▶ _Data for analysis_
◇ ◇ ◇ ◇ ◇ ◇ ◇
//! Buttons: their codes go by the device that they are of.
ghost use Rattle.std.specs.Prelude.{◌≡◌, ◌<◌, ◌^◌};
ghost use Rattle.hidreport_linux.specs.Buttons.{
  button_code,
  first_by_physical,
  macro_code,
  stick_code,
};
ghost use Rattle.hidreport_linux.specs.Events.{button};

use super::Wanted;
use crate::event_code::EventCode;
use crate::place::Place;
use crate::unmapped::Unmapped;

/// The last code of a key or button.
const LAST_KEY: u32 = 0x2ff;

/// A button, counted from 1; button 0 would be the last of all.
#[tactic(auto, unfolding(crate::specs::Events::button))]
pub(crate) fn button(id: u32, place: &Place) -> Result<Wanted, Unmapped>
    ensures { result ≡ button id place.now }
{
    if id == 0 || id > 0xffff {
        return Err(Unmapped::PastCodes);
    }
    let code = button_code(id - 1, place);
    if code > LAST_KEY {
        return Err(Unmapped::PastCodes);
    }
    Wanted::own(EventCode::key(code as u16))
}

/// The code of a button, counted from 0: by the application, else by the physical collection.
fn button_code(number: u32, place: &Place) -> u32
    requires { number < 2 ^ 16 }
    ensures { result ≡ button_code number place.now }
{
    match place.application {
        0x0001_0001 | 0x0001_0002 => number + 0x110,
        0x0001_0004 => stick_code(number, 0x120),
        0x0001_0005 => stick_code(number, 0x130),
        0x000c_0001 if place.has_macros => macro_code(number),
        _ => number + first_by_physical(place.physical),
    }
}

/// Of a joystick or gamepad: from a code on for sixteen, then `BTN_TRIGGER_HAPPY1` and so on.
fn stick_code(number: u32, first: u32) -> u32
    requires number { number < 2 ^ 16 }
    requires first { first < 2 ^ 16 }
    ensures { result ≡ stick_code number first }
{
    if number < 0x10 {
        number + first
    } else {
        number - 0x10 + 0x2c0
    }
}

/// Of programmable buttons: `KEY_MACRO1` to `KEY_MACRO30`, then `BTN_TRIGGER_HAPPY1` and so on.
fn macro_code(number: u32) -> u32
    requires { number < 2 ^ 16 }
    ensures { result ≡ macro_code number }
{
    if number < 0x1e {
        number + 0x290
    } else {
        number - 0x1e + 0x2c0
    }
}

/// The code of the first button by the physical collection.
fn first_by_physical(physical: u32) -> u32
    ensures { result ≡ first_by_physical physical }
{
    match physical {
        0x0001_0001 | 0x0001_0002 => 0x110,
        0x0001_0004 => 0x120,
        0x0001_0005 => 0x130,
        _ => 0x100,
    }
}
◇ ◇ ◇ ◇ ◇ ◇ ◇
▶ _Task brief_
Write out exactly the lines between the start of the entries and the line containing "pub(crate) fn button(id: u32, place: &Place)", including that line and the first one.

▶ _Your response_
//! Buttons: their codes go by the device that they are of.
ghost use Rattle.std.specs.Prelude.{◌≡◌, ◌<◌, ◌^◌};
ghost use Rattle.hidreport_linux.specs.Buttons.{
  button_code,
  first_by_physical,
  macro_code,
  stick_code,
};
ghost use Rattle.hidreport_linux.specs.Events.{button};

use super::Wanted;
use crate::event_code::EventCode;
use crate::place::Place;
use crate::unmapped::Unmapped;

/// The last code of a key or button.
const LAST_KEY: u32 = 0x2ff;

/// A button, counted from 1; button 0 would be the last of all.
#[tactic(auto, unfolding(crate::specs::Events::button))]
pub(crate) fn button(id: u32, place: &Place) -> Result<Wanted, Unmapped>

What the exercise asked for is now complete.